Supplied entries

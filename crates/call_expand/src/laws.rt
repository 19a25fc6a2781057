ghost use Rattle.std.specs.Prelude.{◌≡◌, ◌↔◌, ℕ, List, map};
ghost use Rattle.transition_spec.specs.Path.{IsPath, HasChoices};
ghost use Rattle.flow_spec.specs.Acceptance.{Step};
ghost use Rattle.flow_spec.specs.Configuration.{Configuration, start_of, fetched};
ghost use Rattle.path_model.specs.declared.graph.Node.{Node};
ghost use Rattle.path_model.specs.Graph.{graph_step, address_of};
ghost use Rattle.call_expand.specs.Expansion.{numbered, IsGraphOf};

/// The paths of the graph are those of the configurations, member by member: each path of the graph is one of the
/// configurations with its numbers, and each path of the configurations is so numbered by one of the graph. Both have
/// the same choices and fetch the same addresses.
pub fn path_laws()
    ensures path { (step : Step) (entry : ℕ) (configurations : List Configuration) (nodes : List Node) (members : List ℕ)
        → IsGraphOf step entry configurations nodes → IsPath (graph_step nodes) 0 members
        → IsPath step (start_of entry) (map (numbered configurations) members) }
    ensures members { (step : Step) (entry : ℕ) (configurations : List Configuration) (nodes : List Node) (path : List Configuration)
        → IsGraphOf step entry configurations nodes → IsPath step (start_of entry) path
        → (members : List ℕ) × IsPath (graph_step nodes) 0 members × (map (numbered configurations) members ≡ path) }
    ensures choices { (step : Step) (entry : ℕ) (configurations : List Configuration) (nodes : List Node) (members choices : List ℕ)
        → IsGraphOf step entry configurations nodes → IsPath (graph_step nodes) 0 members
        → HasChoices (graph_step nodes) members choices ↔ HasChoices step (map (numbered configurations) members) choices }
    ensures addresses { (step : Step) (entry : ℕ) (configurations : List Configuration) (nodes : List Node) (members : List ℕ)
        → IsGraphOf step entry configurations nodes → IsPath (graph_step nodes) 0 members
        → map (address_of nodes) members ≡ map fetched (map (numbered configurations) members) }
{}
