//! Matrices and rows of bits.

ghost use Rattle.std.specs.Prelude.{◌≡◌, ◌<◌, IfOk};
ghost use Rattle.pj_bits.specs.Matrix.{size as size_of};

use pj_bits::{BitMatrix, BitRow, Memory};
use std::alloc::Global;

/// The bits that are set, as rows and columns.
fn bits(alloc: Global, matrix: &BitMatrix) -> Result<String, Memory> {
    let mut told = format!(in alloc; "{}:", matrix.size())?;
    for row in 0..matrix.size() {
        for column in 0..matrix.size() {
            if matrix.get(row, column) {
                told.push_str(format!(in alloc; " {row}.{column}")?.as_str())?;
            }
        }
    }
    told.push('\n')?;
    Ok(told)
}

/// Row 1 has the columns 0 and 2, row 2 the columns 2 and 1; row 0 gets those of row 1, and loses those of row 2.
fn joined(alloc: Global) -> Result<String, Memory> {
    let mut matrix = BitMatrix::new(alloc, 3)?;
    matrix.set(1, 0);
    matrix.set(1, 2);
    matrix.set(2, 2);
    matrix.set(2, 1);
    matrix.or_row(0, 1);
    matrix.row_and_not(0, 2);
    bits(alloc, &matrix)
}

/// 130 columns take three words a row, and the last word is not full.
fn wide(alloc: Global) -> Result<String, Memory> {
    let mut matrix = BitMatrix::new(alloc, 130)?;
    matrix.set(0, 129);
    matrix.or_row(129, 0);
    matrix.row_and_not(0, 129);
    bits(alloc, &matrix)
}

/// Rows 0 and 2 have column 69, and row 69 has column 2.
fn turned(alloc: Global) -> Result<String, Memory> {
    let mut matrix = BitMatrix::new(alloc, 70)?;
    matrix.set(0, 69);
    matrix.set(2, 69);
    matrix.set(69, 2);
    bits(alloc, &matrix.transposed(alloc)?)
}

/// A matrix whose row 3 has the columns 64 and 99, and whose row 4 has column 1.
fn choices(alloc: Global) -> Result<BitMatrix, Memory>
    ensures { IfOk result (λ m. size_of m ≡ 100) }
{
    let mut matrix = BitMatrix::new(alloc, 100)?;
    matrix.set(3, 64);
    matrix.set(3, 99);
    matrix.set(4, 1);
    Ok(matrix)
}

/// Of the columns 1, 64 and 99 those are moved that row 3 has, and then those that neither row 3 nor row 4 has.
fn moved(alloc: Global) -> Result<String, Memory> {
    let matrix = choices(alloc)?;
    let mut rest = BitRow::new(alloc, 100)?;
    rest.set(1);
    rest.set(64);
    rest.set(99);
    rest.set(5);
    rest.clear(5);
    let next = rest.next(2);
    let mut chosen = BitRow::new(alloc, 100)?;
    chosen.copy_row(&matrix, 3);
    let mut moved = BitRow::new(alloc, 100)?;
    rest.move_common(&mut moved, &chosen);
    chosen.or_row(&matrix, 4);
    rest.move_others(&mut moved, &chosen);
    let rest = rest.ones(alloc)?;
    let moved = moved.ones(alloc)?;
    let told = format!(in alloc; "{next:?} {rest:?} {moved:?}\n")?;
    Ok(told)
}

/// 1 and 1 is 0 with a carry; and 0 less 1 is 1 with a borrow.
fn summed(alloc: Global) -> Result<String, Memory> {
    let mut digit = BitRow::new(alloc, 2)?;
    let mut other = BitRow::new(alloc, 2)?;
    let mut seen = BitRow::new(alloc, 2)?;
    digit.set(0);
    other.set(0);
    digit.add(&mut other);
    let sum = digit.get(0);
    let carry = other.get(0);
    digit.subtract(&mut other, &mut seen);
    let digit = digit.ones(alloc)?;
    let other = other.ones(alloc)?;
    let seen = seen.ones(alloc)?;
    let told = format!(in alloc; "{sum} {carry} {digit:?} {other:?} {seen:?}")?;
    Ok(told)
}

/// What each of them shows, a line for each.
pub fn told(alloc: Global) -> Result<String, Memory> {
    let mut told = joined(alloc)?;
    told.push_str(wide(alloc)?.as_str())?;
    told.push_str(turned(alloc)?.as_str())?;
    told.push_str(moved(alloc)?.as_str())?;
    told.push_str(summed(alloc)?.as_str())?;
    Ok(told)
}
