//! The scan, which takes lines, words, numbers and pieces one after the other.

ghost use Rattle.std.specs.Prelude.{◌≡◌, ◌↔◌, ℕ, ◌+◌, ◌≤◌, ◌<◌, List, length, take, decimal, IsNone, IfSome};
ghost use Rattle.pj_scan.specs.Scan.{Scanned, IsLine, IsNumber, IsPiece, IsWord, Lacks, Stops, advance, is_word_byte, newline, rest as left};

use crate::numeral::{leading_digits, number_of};
use memchr::{memchr, memchr2};
use std::marker::Model;

/// Bytes that are read from the front.
///
/// Contracts see all the bytes, and the place: how many are passed over. What a call lends
/// borrows from the bytes and not from the scan, so it may be kept while the scan goes on.
/// A call that finds nothing of its kind answers `None` and leaves the scan as it was.
#[derive(Drop)]
pub struct Scan<'a> {
    bytes: &'a [u8],
    place: usize,
}

impl<'a> Model for Scan<'a> {
    ghost use Rattle.std.specs.Prelude.{◌≤◌, length};
    ghost use Rattle.pj_scan.specs.Scan.{Scanned};

    ghost Value = { Scanned };

    ghost view = { λ s. record { bytes = s.bytes.now; place = s.place } };

    ghost invariant = { λ s. s.place ≤ length s.bytes.now };
}

impl<'a> Scan<'a> {
    /// A scan of these bytes from the first.
    pub fn new(bytes: &'a [u8]) -> Self
        ensures { result ≡ record { bytes = bytes.now; place = 0 } }
    {
        Scan { bytes, place: 0 }
    }

    /// The bytes that are left.
    pub fn rest(&self) -> &'a [u8]
        ensures { result.now ≡ left self.now }
    {
        &self.bytes[self.place..]
    }

    /// How many bytes are passed over.
    pub fn place(&self) -> usize
        ensures place { result ≡ self.now.place }
        ensures within { result ≤ length self.now.bytes }
    {
        self.place
    }

    /// The next line, without its newline, which is passed over too, or `None` where no newline
    /// is left.
    pub fn line(&mut self) -> Option<&'a [u8]>
        ensures line { IfSome result (λ line. IsLine (left self.old) line.now (left self.new)) }
        ensures moved { IfSome result (λ line. self.new ≡ advance self.old (length line.now + 1)) }
        ensures none { IsNone result ↔ Lacks newline (left self.old) }
        ensures unchanged { IsNone result → self.new ≡ self.old }
    {
        let length = memchr(b'\n', self.rest())?;
        let line = self.pass(length);
        self.pass(1);
        Some(line)
    }

    /// The bytes to the next space, newline or the end, or `None` where there are none. What
    /// ends the word is not passed over.
    pub fn word(&mut self) -> Option<&'a [u8]>
        ensures word { IfSome result (λ word. IsWord (left self.old) word.now (left self.new)) }
        ensures moved { IfSome result (λ word. self.new ≡ advance self.old (length word.now)) }
        ensures none { IsNone result ↔ Stops is_word_byte (left self.old) }
        ensures unchanged { IsNone result → self.new ≡ self.old }
    {
        let rest = self.rest();
        let length = memchr2(b' ', b'\n', rest).unwrap_or(rest.len());
        if length == 0 {
            return None;
        }
        Some(self.pass(length))
    }

    /// The next decimal number, or `None` where no number below 2 ^ 32 without leading zeros ends
    /// at the next byte that is no digit.
    pub fn number(&mut self) -> Option<u32>
        ensures number { IfSome result (λ n. IsNumber (left self.old) n (left self.new)) }
        ensures moved { IfSome result (λ n. self.new ≡ advance self.old (length (decimal n))) }
        ensures none { IsNone result → (n : ℕ) (behind : List ℕ) → ¬ (IsNumber (left self.old) n behind) }
        ensures unchanged { IsNone result → self.new ≡ self.old }
    {
        let digits = leading_digits(self.rest());
        let number = number_of(digits)?;
        self.pass(digits.len());
        Some(number)
    }

    /// The next `count` bytes, or `None` where fewer are left.
    pub fn bytes(&mut self, count: u32) -> Option<&'a [u8]>
        ensures piece { IfSome result (λ piece. IsPiece count (left self.old) piece.now (left self.new)) }
        ensures moved { IfSome result (λ _. self.new ≡ advance self.old count) }
        ensures none { IsNone result ↔ (length (left self.old) < count) }
        ensures unchanged { IsNone result → self.new ≡ self.old }
    {
        let count = count as usize;
        if self.rest().len() < count {
            return None;
        }
        Some(self.pass(count))
    }

    /// The next `count` bytes, which are passed over.
    fn pass(&mut self, count: usize) -> &'a [u8]
        requires { count ≤ length (left self.old) }
        ensures piece { IsPiece count (left self.old) result.now (left self.new) }
        ensures moved { self.new ≡ advance self.old count }
    {
        let (piece, _) = self.rest().split_at(count);
        self.place += count;
        piece
    }
}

Problem description
Which lines in the records contain the word "fetched"? Copy each one.

Task answer
ghost use Rattle.flow_spec.specs.Configuration.{Configuration, start_of, fetched};
        → map (address_of nodes) members ≡ map fetched (map (numbered configurations) members) }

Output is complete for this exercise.